According to Dr Carson, allergies are on the increase. "One of the reasons why experts think there's such an increase in allergies is because everything is so hygienic. There was none of this anti-bacterial stuff when I was growing up. It's a modern phenomenon. The specialists that investigate this believe that the over-sanitisation of society means children are not being exposed to bacteria and allergies are forming," he says. I'm starting to feel that my mantra of "it'll do" is actually OK. A phrase my mother used to use when we were children comes to mind when she would differentiate between "clean dirt" and the real nasty kind.

How often should I throw out my pillow?

Sleep expert Lucy Wolfe is also adamant that a bedroom environment should not be a place overburdened with distractions. It should be cool, comfortable and dark and not full of clutter. Her advice is that mattresses should be replaced every seven to ten years and pillows every two and all bedding should be laundered weekly.

It looks like I'm doing well in some areas and not so well in others. I think the simplest thing is to break things down into manageable parts reminding myself that Rome wasn't built in a day. I'll start with a cup of tea before taking on the odd sock drawer.
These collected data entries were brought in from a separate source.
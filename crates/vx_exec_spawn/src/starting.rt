//! One worker in a thread of its own.

ghost use Rattle.std.specs.Prelude.{◌≡◌, IfSome};
ghost use Rattle.std.specs.List.{All};
ghost use Rattle.vx_worker.specs.Worker.{IsReady};
ghost use Rattle.vx_exec_threads.specs.Drawers.{Sits};
ghost use Rattle.vx_exec_spawn.specs.Honest.{IsHonest};

use crate::member::{CrewMember, Joined};
use crate::promise::JoinPromise;
use crate::shared::Shared;
use crate::start::Start;
use std::snapshot::Snapshot;
use std::sync::Wait;
use std::thread::{PromisedHandle, Scope, Threads};
use vx_exchange_ends::Sends;
use vx_exec_threads::{Gate, ThreadWires, WorkerPlace, run_to_end};
use vx_exec_watch::CountsRows;
use vx_ops::Source;
use vx_plan_nodes::Router;
use vx_worker::Morsels;

// Waits for the start, and returns whether the run was started. A worker that has no morsels to draw waits for its first packet, too.
fn may_begin<O, S, T: Wait>(rt: &T, start: &Start, member: &CrewMember<O, S>) -> bool {
    if member.ends.scans() == 0 && member.ends.inlets() > 0 {
        return start.wait_for_partner(rt, member.number);
    }
    start.wait(rt)
}

/// What a worker's thread does: it waits for the start, and steps its worker to its end. None if the run was cancelled.
pub fn work<
    O: Source + CountsRows + Drop,
    S: Sends + Drop,
    G: Morsels,
    R: Router,
    H: Gate,
    T: Wait,
>(rt: &T, shared: Shared<'_, G, R, H>, member: CrewMember<O, S>) -> Option<Joined<O, S>>
    requires ready { IsReady O.types S.post S.is_open S.has_closed (G.types_of shared.morsels.now) member.worker }
    requires sits { All (Sits shared.decks.now.items) member.ends.draws.items }
    ensures { IfSome result (λ j. IsHonest O.Stands O.op S.Stands S.task S.post S.bounds (R.route_of shared.entry.router.now) (G.morsel_of shared.entry.morsels.now) member j) }
{
    if !may_begin(rt, shared.start, &member) {
        return None;
    }
    let CrewMember {
        number,
        fragment,
        place,
        worker,
        ends,
    } = member;
    let wires = ThreadWires::new(ends, shared.decks, shared.start.parkers());
    let at = WorkerPlace {
        number,
        fragment,
        place,
    };
    let (worker, ends) = run_to_end(
        rt,
        shared.morsels,
        shared.router,
        shared.gate,
        shared.board,
        at,
        worker,
        wires,
    );
    shared.board.leave();
    Some(Joined { worker, ends })
}

/// Starts the thread of one worker, in a scope. None where the system refused it: the worker is dropped then.
pub fn begin<
    's,
    E: 's,
    O: Source + CountsRows + Send + Drop + 's,
    S: Sends + Send + Drop + 's,
    G: Morsels + Sync + 's,
    R: Router + Sync + 's,
    H: Gate + Sync + 's,
    T: Threads + Wait + Sync + 's,
>(
    scope: &'s Scope<'s, E>,
    rt: &'s T,
    shared: Shared<'s, G, R, H>,
    member: CrewMember<O, S>,
) -> Option<PromisedHandle<Option<Joined<O, S>>, JoinPromise<'s, O, S, G, R>>>
    requires ready { IsReady O.types S.post S.is_open S.has_closed (G.types_of shared.morsels.now) member.worker }
    requires sits { All (Sits shared.decks.now.items) member.ends.draws.items }
    ensures { IfSome result (λ h. (h.promise.member.value ≡ member) × (h.promise.router.now ≡ shared.entry.router.now) × (h.promise.morsels.now ≡ shared.entry.morsels.now)) }
{
    let promise = JoinPromise {
        morsels: shared.morsels,
        router: shared.router,
        member: Snapshot::of(&member),
    };
    match scope.spawn_with(promise, move || work(rt, shared, member)) {
        Ok(child) => Some(child),
        Err(_) => None,
    }
}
And lastly to the bedrooms. I fall down spectacularly here, largely because I refuse to get rid of any of my clothes. If one's bedroom is meant to be a space of relaxing calm with muted tones of dove grey, mine is a riot of colour with dresses hanging inside and outside my overflowing wardrobe. It would literally kill me to part with a single dress, even if I haven't worn it in years. I fear Marie Kondo, whose best-selling book, The Life-Changing Magic of Tidying invites self-purging of stuff, would run a mile from me.

There's science to back up all this tidying. In 2011, researchers at Princeton University found that clutter can actually make it more difficult to focus on a particular task. Specifically, they found that the visual cortex can be overwhelmed by task-irrelevant objects, making it harder to allocate attention and complete tasks efficiently.

Decluttering experts Frances Murphy and Mary Shannon from Cork, who set up mnfdecluttering.com - a decluttering service - several years ago, say for most people, the bedroom is the worst place in the house and they advise people to start there.

Their advice is simple: don't put stuff in bags - put it away properly. They believe if you can't see stuff hanging in the wardrobe, there's too much in there.

They suggest that not only is tidying and making space in your bedroom good for aesthetics, it's also therapeutic and frees people from the burden of simply having too much stuff. When they go to someone's house - in some cases people have clothes they haven't worn in over 20 years - the decluttering is like an unravelling of all their psychological baggage, says Frances.